Bientôt après, il trouva des papiers glissés dans les vêtements qu’il avait pris du laboratoire de Victor : le journal de Victor, chronique des quatre mois avant sa création, documentant chaque étape du processus qui avait produit sa forme exécrable. « Jour haï où j’ai reçu la vie ! s’écria-t-il. Créateur maudit ! Pourquoi formas-tu un monstre si hideux que même toi te détournas de moi avec dégoût ? »

Pourtant, comme il observait les vertus des habitants en pleine lumière, il osa espérer qu’ils pourraient voir au-delà de sa difformité. Il remit à plus tard de leur parler à mesure que sa compréhension du monde croissait. En attendant, l’arrivée de Safie avait apporté la prospérité au foyer : Felix et Agatha avaient maintenant des serviteurs, leurs jours étaient calmes et sereins, tandis que son propre monde intérieur devenait de plus en plus turbulent. Quand l’hiver vint, il résolut de faire sa démarche quand le vieux De Lacey, qui était aveugle, serait seul — sa voix ne portait aucune trace de terreur, et s’il pouvait gagner la bienveillance du vieil homme, peut-être les plus jeunes membres de la famille apprendraient-ils à le tolérer.

Un jour frisquet d’automne, Safie, Agatha et Felix quittèrent tous la chaumière. Le vieux aveugle était assis jouant des airs lugubres sur sa guitare, puis tomba immobile dans une pensée tranquille. Le cœur du monstre battait dans sa poitrine. Les serviteurs étaient partis. Il détacha les planches cachant sa masure et sortit à l’air libre.

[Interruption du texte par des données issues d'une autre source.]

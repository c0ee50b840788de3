//! The four rights, by credentials, policy and the names that somebody owns.
//!
//! What somebody owns is handed in as a list of names, so that it is asked of the registry once.

ghost use Rattle.std.specs.Prelude.{◌≡◌, ◌&&◌, ◌||◌, ◌==◌, Option, IfOk};
ghost use Rattle.kd_model.specs.Words.{some_of};
ghost use Rattle.kd_commands.specs.Rights.{bus_grants, endpoint_grants, grants, is_privileged, may_own, may_see, may_see_name, may_talk, reaches};
ghost use Rattle.kd_policy.specs.Level.{rank};
ghost use Rattle.kd_registry.specs.Changes.{names_of};

use crate::desk::Desk;
use kd_commands::Conn;
use kd_policy::{PolicyDb, Scope};
use kd_types::{ConnId, Creds, Level, Text};
use std::alloc::{AllocError, Global};

/// A level as a number: a greater one includes the lesser ones.
fn rank(level: Level) -> u8
    ensures { result ≡ rank level }
{
    match level {
        Level::See => 1,
        Level::Talk => 2,
        Level::Own => 3,
    }
}

/// Whether a level that was granted, if any, includes the wanted one.
fn reaches(wanted: Level, granted: Option<Level>) -> bool
    ensures { result ≡ reaches wanted granted }
{
    match granted {
        Some(level) => rank(wanted) <= rank(level),
        None => false,
    }
}

/// Whether the list grants the level on one of the names.
fn grants_some(
    policy: &PolicyDb,
    scope: Scope,
    wanted: Level,
    creds: &Creds,
    names: &[Text],
) -> bool
    ensures { result ≡ some_of (grants policy.now scope wanted creds.now) names.now }
{
    names.iter().any(|name| {
        reaches(
            wanted,
            policy.level(scope, name.bytes(), creds.uid, creds.gid),
        )
    })
}

impl Desk {
    /// Whether the caller may do what only the bus's creator and privileged callers may.
    pub fn is_privileged(&self, creds: &Creds) -> bool
        ensures { result ≡ is_privileged self.now creds.now }
    {
        creds.privileged || creds.uid == self.creator
    }

    fn endpoint_grants(&self, conn: &Conn, wanted: Level, names: &[Text]) -> bool
        ensures { result ≡ endpoint_grants self.now conn.now wanted names.now }
    {
        conn.endpoint == 0
            || grants_some(
                &self.policy,
                Scope::Endpoint(conn.endpoint),
                wanted,
                &conn.creds,
                names,
            )
    }

    /// Whether the connection may see that the name is owned, and its owner.
    #[tactic(auto, unfolding(kd_commands::specs::Rights::may_see_name))]
    pub fn may_see_name(&self, conn: &Conn, name: &Text) -> bool
        ensures { result ≡ may_see_name self.now conn.now name.now }
    {
        conn.endpoint == 0
            || reaches(
                Level::See,
                self.policy.level(
                    Scope::Endpoint(conn.endpoint),
                    name.bytes(),
                    conn.creds.uid,
                    conn.creds.gid,
                ),
            )
    }

    /// Whether the connection may own the name.
    #[tactic(auto, unfolding(kd_commands::specs::Rights::may_own))]
    pub fn may_own(&self, conn: &Conn, name: &Text) -> bool
        ensures { result ≡ may_own self.now conn.now name.now }
    {
        let Creds { uid, gid, .. } = conn.creds;
        let on_bus = self.is_privileged(&conn.creds)
            || reaches(
                Level::Own,
                self.policy.level(Scope::Bus, name.bytes(), uid, gid),
            );
        let endpoint = Scope::Endpoint(conn.endpoint);
        on_bus
            && (conn.endpoint == 0
                || reaches(
                    Level::Own,
                    self.policy.level(endpoint, name.bytes(), uid, gid),
                ))
    }

    /// Whether the connection may see another one.
    #[tactic(auto, unfolding(kd_commands::specs::Rights::may_see))]
    pub fn may_see(&self, alloc: Global, conn: &Conn, other: ConnId) -> Result<bool, AllocError>
        ensures { IfOk result (λ sees. sees ≡ may_see self.now conn.now other) }
    {
        if conn.endpoint == 0 {
            return Ok(true);
        }
        let names = self.registry.names_of(alloc, other)?;
        Ok(self.endpoint_grants(conn, Level::See, &names))
    }

    /// Whether the connection may send to another one.
    pub fn may_talk(&self, alloc: Global, conn: &Conn, other: &Conn) -> Result<bool, AllocError>
        ensures { IfOk result (λ talks. talks ≡ may_talk self.now conn.now other.now) }
    {
        let names = self.registry.names_of(alloc, other.id)?;
        Ok(self.talks_by(conn, other, &names))
    }

    /// Whether the connection may send to another one, which owns these names.
    #[tactic(auto, unfolding(kd_commands::specs::Rights::may_talk))]
    pub fn talks_by(&self, conn: &Conn, other: &Conn, names: &[Text]) -> bool
        requires { names.now ≡ names_of self.now.registry other.now.id }
        ensures { result ≡ may_talk self.now conn.now other.now }
    {
        let knows = self.is_privileged(&conn.creds)
            || conn.creds.uid == other.creds.uid
            || grants_some(&self.policy, Scope::Bus, Level::Talk, &conn.creds, names);
        knows && self.endpoint_grants(conn, Level::Talk, names)
    }
}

Il frappa à la porte. « Entrez, appela De Lacey. » Il entra à l’intérieur, prétendant être un voyageur cherchant un lieu pour se reposer. Un lourd silence tomba, puis De Lacey devina qu’il était français. « Non, répondit le monstre, j’ai été éduqué par une famille française. Mes amis vivent tout près, mais ils sont prévenus contre moi. J’ai vécu parmi eux dans une bonté quotidienne pendant des mois. Ils croient que je veux leur nuire. »

Aveugle à son apparence, De Lacey n’entendait que la sincérité dans sa voix. Le cœur du monstre se brisa ; il saisit fermement la main du vieil homme. « C’est maintenant le moment ! le supplia-t-il. Sauve et protège-moi ! Toi et ta famille êtes les amis que j’ai tant souhaités. Ne m’abandonne pas à ma plus sombre heure ! »

La porte grinça en s’ouvrant. Felix, Safie et Agatha entrèrent. L’horreur les submergea. Agatha s’évanouit sur-le-champ ; Safie poussa un cri et s’enfuit de la pièce. Felix arracha le monstre de son père et le frappa de toutes ses forces. Le monstre aurait pu déchirer Felix membre par membre en un instant, mais son cœur sombra et il se retint. Il sortit et s’enfuit vers sa masure.

« Maudit, maudit créateur ! Pourquoi ai-je jamais respiré ? » La rage le consumma. La nuit il erra dans les bois, hurlant comme une bête férale. Mais à la fin l’épuisement brisa son esprit. Il déclara la guerre à toute la race humaine.